While the court found in favour of the FCA on the majority of issues, they produced a lengthy nuanced judgment. For the 21 separate policies submitted, they reached different conclusions. Therefore, any policy you may have will need to be considered against the judgment.
Trends clauses consider whether there are business trends which affected the business before or after the COVID-19 pandemic. If there is such a business trend, which would have affected the business insured, the quantum of the insurance award will be reduced.
The insurance companies argued that the incidence of COVID-19 was insured, however, the mandatory closure of businesses was a business trend and, therefore, losses from closure should be disregarded. This would have ultimately had the effect of significantly reducing the level of recovery that a business would receive under its policy.
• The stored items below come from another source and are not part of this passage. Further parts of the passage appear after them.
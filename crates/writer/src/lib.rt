// CSAFE frames measured and written: document 01, "Frames on the wire"; document 02, No. 9.
#![tactic(auto)]

mod bytes;
mod contents;
mod measure;
mod number;
mod stuffing;

ghost use Rattle.std.specs.Prelude.{◌≡◌, length};
ghost use Rattle.answer.specs.Answer.{through};
ghost use Rattle.answer.specs.Draft.{draft_answer, draft_out, written_means};
ghost use Rattle.numbers.specs.Number.{bytes_of};
ghost use Rattle.frame.specs.Frame.{standard, extended, frame_of};
ghost use Rattle.writer.specs.Answers.{frame_draft, sent_draft, length_means};

use answer::Refusal;
use contents::Contents;
use frame::{Header, Origin};
use number::NumberBytes;

// How many bytes a standard frame takes on the wire, which is the room that writing it needs. Refusals 17, on the
// live line alone, and 2.
pub fn standard_length(origin: Origin, contents: &[u8]) -> Result<usize, Refusal>
    ensures { length_means result ≡ through length (sent_draft origin (standard contents.now)) }
{
    match origin {
        Origin::Trace => wire_length(Header::Plain, contents),
        Origin::Live => Err(Refusal::Unnamed),
    }
}

// How many bytes an extended frame takes on the wire, which is the room that writing it needs. Refusal 2.
pub fn extended_length(to: u8, from: u8, contents: &[u8]) -> Result<usize, Refusal>
    ensures { length_means result ≡ through length (frame_draft (extended to from contents.now)) }
{
    wire_length(Header::Addressed { to, from }, contents)
}

// Writes a standard frame. Refusals 17, on the live line alone, 2 and 1.
#[tactic(auto, unfolding(answer::specs::Draft::draft_answer, answer::specs::Draft::draft_out))]
pub fn write_standard(origin: Origin, contents: &[u8], out: &mut [u8]) -> Result<usize, Refusal>
    ensures result_value { written_means result ≡ draft_answer (sent_draft origin (standard contents.now))
        (length out.old) }
    ensures out_after { out.new ≡ draft_out (sent_draft origin (standard contents.now))
        out.old }
{
    match origin {
        Origin::Trace => write_frame(Header::Plain, contents, out),
        Origin::Live => Err(Refusal::Unnamed),
    }
}

// Writes an extended frame, to any origin. Refusals 2 and 1.
pub fn write_extended(to: u8, from: u8, contents: &[u8], out: &mut [u8]) -> Result<usize, Refusal>
    ensures result_value { written_means result ≡ draft_answer (frame_draft (extended to from contents.now))
        (length out.old) }
    ensures out_after { out.new ≡ draft_out (frame_draft (extended to from contents.now))
        out.old }
{
    write_frame(Header::Addressed { to, from }, contents, out)
}

// Writes an extended frame whose contents are `width` bytes of a number, lowest first; those past its eighth are 00. A
// caller whose few contents bytes are known needs no array for them. Refusals 2 and 1.
pub fn write_extended_number(
    to: u8,
    from: u8,
    number: u64,
    width: usize,
    out: &mut [u8],
) -> Result<usize, Refusal>
    ensures result_value { written_means result ≡ draft_answer (frame_draft (extended to from (bytes_of width number)))
        (length out.old) }
    ensures out_after { out.new ≡ draft_out (frame_draft (extended to from (bytes_of width number)))
        out.old }
{
    let header = Header::Addressed { to, from };
    write_frame(header, NumberBytes { number, width }, out)
}

#[tactic(auto, using(crate::proofs::WireLaws::draft_long))]
fn wire_length(header: Header, contents: &[u8]) -> Result<usize, Refusal>
    ensures { length_means result ≡ through length (frame_draft (frame_of header contents.now)) }
{
    Ok(measure::measure(header, contents)?.len)
}

// The length is found first, so that nothing is written where the frame does not fit.
fn write_frame<C: Contents>(header: Header, contents: C, out: &mut [u8]) -> Result<usize, Refusal>
    ensures result_value { written_means result ≡ draft_answer (frame_draft (frame_of header (C.bytes contents)))
        (length out.old) }
    ensures out_after { out.new ≡ draft_out (frame_draft (frame_of header (C.bytes contents)))
        out.old }
{
    let measured = measure::measure(header, contents)?;
    if out.len() < measured.len {
        return Err(Refusal::NoRoom);
    }
    let a = stuffing::put_header(header, out);
    let b = contents.put(measured.counted, out, a);
    stuffing::put_end(measured.counted.sum, out, b);
    Ok(measured.len)
}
The court rejected this argument, as by labelling the government’s mandatory restrictions as “business trends”, the business interruption policy would be largely a mirage, which could not have been the parties’ intention.
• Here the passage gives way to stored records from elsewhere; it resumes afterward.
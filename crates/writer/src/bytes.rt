// A slice as contents.
ghost use Rattle.std.specs.Prelude.{◌≡◌, ◌+◌, ◌≤◌, length};
ghost use Rattle.lists.specs.Choice.{pick};
ghost use Rattle.lists.specs.Splice.{splice};
ghost use Rattle.frame.specs.Stuffing.{is_stuffed, stuff, stuff_byte};
ghost use Rattle.writer.specs.Private.{PutPair};

use crate::contents::{Contents, Counted};
use crate::stuffing::{put_byte, width};
use frame::flags;

impl Contents for &[u8] {
    ghost bytes = { λ s. s.now };

    fn len(self) -> usize {
        self.len()
    }

    // The loop has no branch on the bytes, so that the compiler turns it into vector code.
    fn count(self) -> Counted {
        let mut escapes: u8 = 0;
        let mut sum: u8 = 0;
        for b in self {
            escapes += lists::mark(*b, flags::EXTENDED_START, flags::ESCAPE);
            sum ^= *b;
        }
        Counted { escapes, sum }
    }

    // A slice of which no byte is sent as two is copied as it is.
    fn put(self, counted: Counted, out: &mut [u8], from: usize) -> usize {
        if counted.escapes == 0 {
            lists::copy(self, out, from);
            return from + self.len();
        }
        put_each(self, out, from)
    }
}

// The last byte is taken by itself: every other has a byte after it, which is written over a second place that it does
// not need.
fn put_each(s: &[u8], out: &mut [u8], from: usize) -> usize
    requires { from + length (stuff s.now) ≤ length out.old }
    ensures value { result ≡ from + length (stuff s.now) }
    ensures out_after { out.new ≡ splice out.old from (stuff s.now) }
{
    let Some((last, front)) = s.split_last() else {
        return from;
    };
    let mut at = from;
    for b in front {
        at = put_pair(*b, out, at);
    }
    put_byte(*last, out, at)
}

// Writes a byte, stuffed, at an index, and answers the next index. It writes two places in any case, so there is no
// branch on the byte. Of F0 to F3 the remainder is what is sent after the escape.
fn put_pair(b: u8, out: &mut [u8], at: usize) -> usize
    requires { at + 2 ≤ length out.old }
    ensures value { result ≡ at + length (stuff_byte b) }
    ensures put_pair { PutPair out.old at (stuff_byte b) out.new }
{
    out[at] = first_of(b);
    out[at + 1] = b % 4;
    at + width(b)
}

// The first byte that is sent for a byte.
fn first_of(b: u8) -> u8
    ensures { result ≡ pick (is_stuffed b) 0xF3 b }
{
    if flags::is_stuffed(b) {
        flags::ESCAPE
    } else {
        b
    }
}
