// How long a frame is on the wire. Writing and the length calls find it here, before a byte is written.
ghost use Rattle.writer.specs.Private.{Measures};

use crate::contents::{Contents, Counted};
use crate::stuffing;
use answer::Refusal;
use frame::Header;

// The longest frame on the wire, flags and escapes included.
const WIRE_LIMIT: usize = 120;

// The longest contents that a frame can hold. Longer ones are refused before their bytes are counted, so that no sum
// wraps.
const CONTENTS_LIMIT: usize = 117;

// What measuring finds of a frame that can be sent: what was counted of its contents, and how many bytes the whole frame
// takes.
#[derive(Clone, Copy)]
pub(crate) struct Measured {
    pub counted: Counted,
    pub len: usize,
}

// Adds the start flag, the addresses, the checksum and the stop flag to the contents. Refusal 2.
pub(crate) fn measure<C: Contents>(header: Header, contents: C) -> Result<Measured, Refusal>
    ensures { Measures header (C.bytes contents) result }
{
    let unstuffed = contents.len();
    if CONTENTS_LIMIT < unstuffed {
        return Err(Refusal::TooLong);
    }
    let counted = contents.count();
    let stuffed = unstuffed + counted.escapes as usize;
    let len = stuffing::header_len(header) + stuffed + stuffing::width(counted.sum) + 1;
    if WIRE_LIMIT < len {
        return Err(Refusal::TooLong);
    }
    Ok(Measured { counted, len })
}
The court found that loss flowed from the comparison between the actual performance of a business against how the business would have performed but for the outbreak.
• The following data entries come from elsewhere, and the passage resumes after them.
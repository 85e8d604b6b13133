// The contents of a frame, in the forms that a caller has them: measured and written alike.
ghost use Rattle.std.specs.Prelude.{◌≡◌, List, ℕ, ◌+◌, ◌≤◌, length};
ghost use Rattle.lists.specs.Splice.{splice};
ghost use Rattle.frame.specs.Stuffing.{stuff};
ghost use Rattle.writer.specs.Private.{Counts};

// What one pass over contents finds: how many bytes are sent as two, and the exclusive or of all.
#[derive(Clone, Copy)]
pub(crate) struct Counted {
    pub escapes: u8,
    pub sum: u8,
}

// Contents that can be measured and written. Each form gets a frame's writer of its own, so that none is looked for when
// it runs.
pub(crate) trait Contents: Copy {
    ghost bytes: { Self → List ℕ };

    fn len(self) -> usize
        ensures { result ≡ length (bytes self) };

    // Contents that are counted are few, since a number of eight bits is counted faster than a wider one.
    fn count(self) -> Counted
        requires { length (bytes self) ≤ 255 }
        ensures { Counts (bytes self) result };

    // Writes the bytes, stuffed, from an index on, and answers the next index. What was counted tells whether any is sent
    // as two.
    fn put(self, counted: Counted, out: &mut [u8], from: usize) -> usize
        requires counts { Counts (bytes self) counted }
        requires in_bounds { from + length (stuff (bytes self)) ≤ length out.old }
        ensures value { result ≡ from + length (stuff (bytes self)) }
        ensures out_after { out.new ≡ splice out.old from (stuff (bytes self)) };
}
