// The bytes of a number as contents: a caller whose few contents bytes are known needs no array for them, and none is
// made, which is what makes a stop quick.
ghost use Rattle.numbers.specs.Number.{bytes_of};

use crate::contents::{Contents, Counted};
use crate::stuffing::put_byte;
use frame::flags;

// `width` bytes of a number, lowest first; those past its eighth are 00.
#[derive(Clone, Copy)]
pub(crate) struct NumberBytes {
    pub number: u64,
    pub width: usize,
}

impl Contents for NumberBytes {
    ghost bytes = { λ n. bytes_of n.width n.number };

    fn len(self) -> usize {
        self.width
    }

    // Stays a division at each turn, as in `put`: `width` may be more than the eight bytes that `to_le_bytes` has.
    fn count(self) -> Counted {
        let mut rest = self.number;
        let mut escapes: u8 = 0;
        let mut sum: u8 = 0;
        for _ in 0..self.width {
            let b = (rest % 256) as u8;
            escapes += lists::mark(b, flags::EXTENDED_START, flags::ESCAPE);
            sum ^= b;
            rest /= 256;
        }
        Counted { escapes, sum }
    }

    fn put(self, _counted: Counted, out: &mut [u8], from: usize) -> usize {
        let mut rest = self.number;
        let mut at = from;
        for _ in 0..self.width {
            at = put_byte((rest % 256) as u8, out, at);
            rest /= 256;
        }
        at
    }
}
The court distinguished from Orient Express Hotels Ltd v Assicurazioni Generali SpA  EWHC 1186 (Comms) as a result of the difference in the type of insured perils in both cases.
Effects of the judgment
The judgment binds the eight insurers involved in respect of the specific policies that were considered. While the insurers are likely to appeal and “leapfrog” to the Supreme Court, in the fast changing and developing landscape of business during COVID-19, this ruling works towards providing certainty to policyholders.
What does this mean for your business?
COVID-19 has caused substantial losses to many businesses and this judgment has removed a number of roadblocks in making a claim under your business interruption policy. The FCA has called this case a “significant step” in resolving policyholders’ current uncertainty. The effects of this judgment are potentially far reaching. The FCA estimated that, in addition to the 21 sample wordings that were considered from the eight defendant insurers, there could be some 700 types of policies across 60 different insurers and 370,000 policyholders that could potentially be affected by the test case.
In the FCA’s letter of 18 September 2020, they asked insurers to pay all valid claims “in full at the earliest possible date to support business and consumers during the current situation” and where they do not, the FCA “will use the full range of our regulatory tools and powers to ensure they do so”. In the same letter, the FCA reiterated the importance of insurers reassessing claims, settling quickly and making interim payments so to avoid financial pressure.
It may be the case that your insurer was not involved in the test case, or your policy has different wording. Assessing the effect of your business interruption policy will depend on the wording of the policy and the circumstances of each case. However, if you have a business interruption policy, and have previously been rejected by your insurer, there is possibility of having your claim reassessed.